While effective treatments for amyotrophic lateral sclerosis (ALS) remain frustratingly out of reach, recent advances hold promise for unlocking its mysteries, a leading expert said Monday.
"ALS is a horrible disease, but right now there is reason to be optimistic that we can turn things around," said Robert M. Pascuzzi, MD, professor of neurology at the Indiana University School of Medicine in Indianapolis and director of the ALS program at Indiana University Health, during his New Horizons lecture at the Arie Crown Theater. Radiology, he stressed, plays a critical role in the battle against ALS.
Dr. Pascuzzi described how Jean-Martin Charcot, a native of France who is considered the Father of Neurology, first reported the disease in 1874 as a progressive disease of the brain and spinal cord characterized by creeping paralysis and loss of function. Most patients live only two to five years after the appearance of symptoms. The cause is not known for the vast majority of patients.
The disease's rapid, relentless course has generated much public attention, perhaps never more so than in the case of Lou Gehrig, the legendary first baseman for the formidable New York Yankees of the 1920s and '30s.
Gehrig, so well-known for his durability that he was nicknamed "the Iron Horse," experienced a dramatic drop-off in his performance in the spring of 1939. Actions once routine for him, like fielding the ball or running the bases, became difficult. Dr. Pascuzzi described how, after Gehrig's diagnosis at the Mayo Clinic in Minnesota, he enrolled in a clinical trial looking at vitamin E as a possible treatment for the disease. The published study included a sanguine pronouncement on Gehrig's status: "The case may be regarded as definitely arrested and somewhat improved."
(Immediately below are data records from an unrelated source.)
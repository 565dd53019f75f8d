// The placement with its journal: each step is on the disk before it is answered.
//
// Promise: a step of a `PlacementNode` answers what the placement's step answers, and its record is written first
// (`specs/Node`); an opening restarts the placement from the records of its journal (`specs/Openings`). It depends on
// `placement_core`, `placement_payloads`, `tx_journal`, `frame_wire`, `state_machine`, and `step_gate` for histories.
#![tactic(auto)]

mod answer;
mod error;
mod found;
mod law;
mod machine;
mod node;
mod reply;
mod round;
mod trial;
mod written;

pub use error::PlacementOpenError;
pub use law::node_law;
pub use node::PlacementNode;
pub use reply::{Awaited, AwaitedMembers, NodeEvent, NodeReply, RoomSeen, RoundSeen, SeenRooms};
"What's interesting is that this publication came out almost to the week of Lou Gehrig's obituary being published," Dr. Pascuzzi said.
A Multifaceted Approach to ALS
Current clinical management of ALS involves treatment of symptoms with medications and physical therapy, along with devices like braces and wheelchairs to help patients function in their everyday lives.
There are two FDA-approved drugs that slow down the disease. Riluzole, a drug that inhibits the release of the neurotransmitter glutamate, prolongs survival by about two to three months. The antioxidant edaravone (Radicava) was approved by the FDA in 2017 based on a study in Japan that found it slowed progression of symptoms in about 30 percent of patients.
However, both treatments have only a mild impact on the disease, Dr. Pascuzzi said.
About 25 different treatments are currently being researched, Dr. Pascuzzi said. Stem cells can be delivered into the spinal canal, although Dr. Pascuzzi believes that such treatment is more likely to slow the disease down than cure it.
Curative investigations focus on C9, a gene that provides instructions for making a protein abundant in nerve cells. Mutations in C9 are the most common cause of familial forms of ALS. In healthy people, the sequence of nucleotides that makes up C9 is relatively short; in people with ALS, it is very long and cluttered with extraneous material.
"How's the poor cell supposed to read all this?" asked Dr. Pascuzzi, presenting a slide depicting line after line of genetic code. "You need to eliminate the clutter or the cells are going to fail."
One approach currently in clinical trials involves the use of antisense oligonucleotides, small pieces of genetic material that help suppress unwanted DNA from being read. These gene-suppressing fragments have been used successfully in spinal muscular atrophy, a formerly fatal neuron disease of childhood.
Dr. Pascuzzi, who was introduced by his sister, RSNA President Valerie P. Jackson, MD, emphasized that imaging will be central to any progress against the disease.
"Radiology serves an essential role, mainly to make sure that the neurologist isn't missing something else that we could treat better," he said. "We neurologists couldn't exist without what you guys do."